//! Linking, looking up, reach and agreement, with expected values by hand.

ghost use Rattle.std.specs.Prelude.{◌≡◌, ◌<◌, ◌↔◌, ◌^◌, IfOk, IsTrue, Some, length};
ghost use Rattle.wd_graph.specs.Names.{names_differ, number_of};

use crate::directory::Directory;
use crate::{LinkEnd, World, link};
use std::alloc::Global;
use std::test::Fail;
use wd_base::{
    Addr, BindValue, Binding, Bindings, Bytes, Config, Form, Kind, NetDef, NoMemory, Seq, Service,
    ServiceNo, Services, Socket, TryClone, WorkerDef,
};

/// A Worker by its name, the services that its bindings name, and its outbound; a network where
/// the outbound is empty.
#[derive(Drop)]
struct Asked<'a> {
    name: &'a [u8],
    bound: &'a [&'a [u8]],
    outbound: &'a [u8],
}

fn bindings(alloc: Global, bound: &[&[u8]]) -> Result<Bindings, NoMemory> {
    let mut bindings = Seq::new(alloc);
    for name in bound {
        bindings.push(Binding {
            name: Seq::copy(alloc, b"OTHER")?,
            value: BindValue::Service(Seq::copy(alloc, *name)?),
        })?;
    }
    Ok(bindings)
}

fn kind(alloc: Global, asked: &Asked<'_>) -> Result<Kind, NoMemory> {
    if asked.outbound.is_empty() {
        return Ok(Kind::Network(NetDef {
            allow: Seq::new(alloc),
            deny: Seq::new(alloc),
        }));
    }
    Ok(Kind::Worker(WorkerDef {
        form: Form::Module,
        source: Seq::new(alloc),
        bindings: bindings(alloc, asked.bound)?,
        outbound: Seq::copy(alloc, asked.outbound)?,
    }))
}

fn services(alloc: Global, all: &[Asked<'_>]) -> Result<Services, NoMemory> {
    let mut services = Seq::new(alloc);
    for asked in all {
        services.push(Service {
            name: Seq::copy(alloc, asked.name)?,
            kind: kind(alloc, asked)?,
        })?;
    }
    Ok(services)
}

/// Whether no two services have one name, by the number of each.
fn differ(alloc: Global, services: &Services) -> Result<bool, NoMemory>
    requires { length services.now < 2 ^ 31 }
    ensures { IfOk result (λ differ. IsTrue differ → IsTrue (names_differ services.now)) }
{
    let directory = Directory::new(alloc, services.try_clone(alloc)?)?;
    for (number, service) in services.as_slice().iter().enumerate() {
        if !has_number(&directory, number as u32, service) {
            return Ok(false);
        }
    }
    Ok(true)
}

/// Whether the number of a service's name is this one.
fn has_number(directory: &Directory, number: u32, service: &Service) -> bool
    ensures { IsTrue result ↔ (number_of service.now.name directory.now ≡ Some number) }
{
    directory.number(service.name.as_slice()) == Some(number)
}

/// The answer of `link` for these services and one socket called `s`, if the names differ.
fn answer(
    alloc: Global,
    services: Services,
    socket: &[u8],
) -> Result<Option<Result<World, LinkEnd>>, NoMemory> {
    if services.len() > 1_000_000 || !differ(alloc, &services)? {
        return Ok(None);
    }
    let mut sockets = Seq::new(alloc);
    sockets.push(Socket {
        name: Seq::copy(alloc, b"s")?,
        address: Addr {
            host: Seq::new(alloc),
            port: 80,
        },
        service: Seq::copy(alloc, socket)?,
    })?;
    Ok(Some(link(alloc, Config { services, sockets })))
}

/// The world of these services, whose names are known.
fn world(alloc: Global, services: Services) -> Result<Option<World>, NoMemory> {
    match answer(alloc, services, b"internet")? {
        Some(Ok(world)) => Ok(Some(world)),
        _ => Ok(None),
    }
}

/// Whether the answer is the fault of a name, in `from`.
fn is_fault(answer: &Option<Result<World, LinkEnd>>, from: &[u8], name: &[u8]) -> bool {
    match answer {
        Some(Err(LinkEnd::Unknown(fault))) => {
            fault.from.as_slice() == from && fault.name.as_slice() == name
        }
        _ => false,
    }
}

#[test]
fn the_first_unknown_name_is_told(rt: HostRuntime) -> Result<(), Fail> {
    let cases: [(&[u8], &[u8], &[u8], &[u8], &[u8]); 4] = [
        (b"b", b"c", b"d", b"a", b"b"),
        (b"a", b"c", b"d", b"a", b"c"),
        (b"a", b"a", b"d", b"s", b"d"),
        (b"internet", b"internet", b"", b"s", b""),
    ];
    for (bound, outbound, socket, from, name) in cases {
        let asked = Asked {
            name: b"a",
            bound: &[bound],
            outbound,
        };
        let services = services(rt.alloc(), &[asked])?;
        let answer = answer(rt.alloc(), services, socket)?;
        assert!(rt; is_fault(&answer, from, name));
    }
    Ok(())
}

/// Two Workers that fetch from each other, one that goes out by a network, one that knows itself
/// alone, and one whose bindings name services twice; `internet` is added as number 6.
fn some_services(alloc: Global) -> Result<Services, NoMemory> {
    let all = [
        Asked {
            name: b"a",
            bound: &[b"b"],
            outbound: b"internet",
        },
        Asked {
            name: b"b",
            bound: &[b"c", b"a"],
            outbound: b"internet",
        },
        Asked {
            name: b"c",
            bound: &[],
            outbound: b"d",
        },
        Asked {
            name: b"d",
            bound: &[],
            outbound: b"",
        },
        Asked {
            name: b"e",
            bound: &[b"e"],
            outbound: b"e",
        },
        Asked {
            name: b"f",
            bound: &[b"c", b"b", b"d", b"c", b"b"],
            outbound: b"a",
        },
    ];
    services(alloc, &all)
}

/// Whether services are found by name and by number.
fn is_found(world: &World) -> bool {
    world.number(b"a") == Some(ServiceNo(0))
        && world.number(b"f") == Some(ServiceNo(5))
        && world.number(b"internet") == Some(ServiceNo(6))
        && world.number(b"g") == None
        && world.count() == 7
        && world.service(ServiceNo(6)).name.as_slice() == b"internet".as_slice()
}

#[test]
fn services_are_found(rt: HostRuntime) -> Result<(), Fail> {
    let services = some_services(rt.alloc())?;
    match world(rt.alloc(), services)? {
        Some(world) => assert!(rt; is_found(&world)),
        None => assert!(rt; false),
    }
    Ok(())
}

/// Whether the service `no` reaches just these.
fn reaches(alloc: Global, world: &World, no: u32, expected: &[u32]) -> Result<bool, NoMemory> {
    if no >= world.count() {
        return Ok(false);
    }
    let numbers = world.reach(alloc, ServiceNo(no))?;
    Ok(
        numbers.len() == expected.len()
            && numbers
                .as_slice()
                .iter()
                .zip(expected)
                .all(|(a, b)| a.0 == *b),
    )
}

#[test]
fn reach_follows_bindings_and_outbound(rt: HostRuntime) -> Result<(), Fail> {
    let cases: [(u32, &[u32]); 7] = [
        (0, &[0, 1, 2, 3, 6]),
        (1, &[0, 1, 2, 3, 6]),
        (2, &[2, 3]),
        (3, &[3]),
        (4, &[4]),
        (5, &[0, 1, 2, 3, 5, 6]),
        (6, &[6]),
    ];
    let services = some_services(rt.alloc())?;
    let Some(world) = world(rt.alloc(), services)? else {
        assert!(rt; false);
        return Ok(());
    };
    for (no, expected) in cases {
        assert!(rt; reaches(rt.alloc(), &world, no, expected)?);
    }
    Ok(())
}

/// Whether the names of the Workers among the targets of the service `no` are just these.
fn has_workers(
    alloc: Global,
    world: &World,
    no: u32,
    expected: &[&[u8]],
) -> Result<bool, NoMemory> {
    if no >= world.count() {
        return Ok(false);
    }
    let names = world.workers_of(alloc, ServiceNo(no))?;
    Ok(
        names.len() == expected.len()
            && names
                .as_slice()
                .iter()
                .zip(expected)
                .all(|(a, b)| a.as_slice() == *b),
    )
}

#[test]
fn workers_are_told_once(rt: HostRuntime) -> Result<(), Fail> {
    let cases: [(u32, &[&[u8]]); 5] = [
        (0, &[b"b"]),
        (1, &[b"c", b"a"]),
        (2, &[]),
        (3, &[]),
        (5, &[b"c", b"b", b"a"]),
    ];
    let services = some_services(rt.alloc())?;
    let Some(world) = world(rt.alloc(), services)? else {
        assert!(rt; false);
        return Ok(());
    };
    for (no, expected) in cases {
        assert!(rt; has_workers(rt.alloc(), &world, no, expected)?);
    }
    Ok(())
}

/// The services with another definition of the one at a place.
fn changed(alloc: Global, at: usize, kind: Kind) -> Result<Services, NoMemory> {
    let mut services = some_services(alloc)?;
    if at < services.len() {
        let name = services.as_slice()[at].name.try_clone(alloc)?;
        services.set(at, Service { name, kind });
    }
    Ok(services)
}

/// The Worker `c` with another source, another binding or another outbound, by turns.
fn another_c(alloc: Global, which: u32) -> Result<Services, NoMemory> {
    let source: Bytes = if which == 0 {
        Seq::copy(alloc, b"1")?
    } else {
        Seq::new(alloc)
    };
    let bound = if which == 1 {
        bindings(alloc, &[b"d"])?
    } else {
        Seq::new(alloc)
    };
    let outbound: &[u8] = if which == 2 { b"internet" } else { b"d" };
    let worker = WorkerDef {
        form: Form::Module,
        source,
        bindings: bound,
        outbound: Seq::copy(alloc, outbound)?,
    };
    changed(alloc, 2, Kind::Worker(worker))
}

/// Whether the services that each of `a` to `f` reaches stand alike in the world of `services`.
fn agree_as(alloc: Global, services: Services, expected: &[bool]) -> Result<bool, NoMemory> {
    let Some(one) = world(alloc, some_services(alloc)?)? else {
        return Ok(false);
    };
    let Some(other) = world(alloc, services)? else {
        return Ok(false);
    };
    for (no, agrees) in expected.iter().enumerate() {
        if no >= 7 || no >= one.count() as usize {
            return Ok(false);
        }
        if one.agree(alloc, &other, ServiceNo(no as u32))? != *agrees {
            return Ok(false);
        }
    }
    Ok(true)
}

#[test]
fn worlds_agree_where_definitions_are_equal(rt: HostRuntime) -> Result<(), Fail> {
    let alloc = rt.alloc();
    let same = some_services(alloc)?;
    assert!(rt; agree_as(alloc, same, &[true, true, true, true, true, true])?);
    let cases: [u32; 3] = [0, 1, 2];
    for which in cases {
        let services = another_c(alloc, which)?;
        assert!(rt; agree_as(alloc, services, &[false, false, false, true, true, false])?);
    }
    let disk = Kind::External(Addr {
        host: Seq::new(alloc),
        port: 80,
    });
    let services = changed(alloc, 3, disk)?;
    assert!(rt; agree_as(alloc, services, &[false, false, false, false, true, false])?);
    Ok(())
}

#[test]
fn worlds_agree_by_names(rt: HostRuntime) -> Result<(), Fail> {
    let alloc = rt.alloc();
    let all = [
        Asked {
            name: b"d",
            bound: &[],
            outbound: b"",
        },
        Asked {
            name: b"c",
            bound: &[],
            outbound: b"d",
        },
    ];
    let services = services(alloc, &all)?;
    assert!(rt; agree_as(alloc, services, &[false, false, true, true, false, false])?);
    Ok(())
}

/// As many Workers, each of which binds the next, and the last the first.
fn ring(alloc: Global, count: u32) -> Result<Services, NoMemory> {
    let mut services = Seq::new(alloc);
    for at in 0..count {
        let next = if at + 1 < count { at + 1 } else { 0 };
        let name = at.to_be_bytes();
        let bound = next.to_be_bytes();
        let worker = WorkerDef {
            form: Form::Module,
            source: Seq::new(alloc),
            bindings: bindings(alloc, &[bound.as_slice()])?,
            outbound: Seq::copy(alloc, b"internet")?,
        };
        services.push(Service {
            name: Seq::copy(alloc, name.as_slice())?,
            kind: Kind::Worker(worker),
        })?;
    }
    Ok(services)
}

/// One Worker that binds each service of a ring, and its outbound.
fn hub(alloc: Global, count: u32) -> Result<Services, NoMemory> {
    let mut services = ring(alloc, count)?;
    let mut bindings = Seq::new(alloc);
    for at in 0..count {
        let name = at.to_be_bytes();
        bindings.push(Binding {
            name: Seq::copy(alloc, b"OTHER")?,
            value: BindValue::Service(Seq::copy(alloc, name.as_slice())?),
        })?;
    }
    services.push(Service {
        name: Seq::copy(alloc, b"hub")?,
        kind: Kind::Worker(WorkerDef {
            form: Form::Module,
            source: Seq::new(alloc),
            bindings,
            outbound: Seq::copy(alloc, b"hub")?,
        }),
    })?;
    Ok(services)
}

#[test]
fn many_services_take_little_time(rt: HostRuntime) -> Result<(), Fail> {
    let alloc = rt.alloc();
    let count = 20_000;
    let services = hub(alloc, count)?;
    let Some(world) = world(alloc, services)? else {
        assert!(rt; false);
        return Ok(());
    };
    assert!(rt; world.count() == count + 2);
    if world.count() > count {
        assert!(rt; world.reach(alloc, ServiceNo(0))?.len() == 20_001);
        assert!(rt; world.reach(alloc, ServiceNo(count))?.len() == 20_002);
        assert!(rt; world.workers_of(alloc, ServiceNo(count))?.len() == 20_001);
        assert!(rt; world.agree(alloc, &world, ServiceNo(count))?);
    }
    Ok(())
}
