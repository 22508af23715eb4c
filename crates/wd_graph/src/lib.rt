//! The world that a configuration describes: its services by number and by name, its sockets, and
//! which services each of them reaches.
#![tactic(auto)]

mod directory;
mod linking;
#[cfg(test)]
mod tests;
mod walk;
mod workers;
mod world;

pub use linking::{GraphFault, LinkEnd, link};
pub use world::World;
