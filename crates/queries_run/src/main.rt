//! A spreadsheet over an incremental cache of queries: reads lines, and writes an answer to each.
#![tactic(auto)]

#[cfg(test)]
mod tests;

use queries::fault::Fault;
use queries::run::answer_all;
use std::alloc::Global;
use std::process::ExitCode;
use text_run::{Program, run};

struct Queries;

impl Program for Queries {
    type Fault = Fault;

    const NAME: &'static str = "queries";

    fn answers(alloc: Global, text: &str) -> Result<String, Fault> {
        answer_all(alloc, text)
    }
}

fn main(rt: HostRuntime) -> ExitCode {
    run::<Queries>(&rt)
}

▬▬▬▬▬▬▬▬▬▬

For each line in the material above that holds the word "changed", add one to a count; state only the final number.

3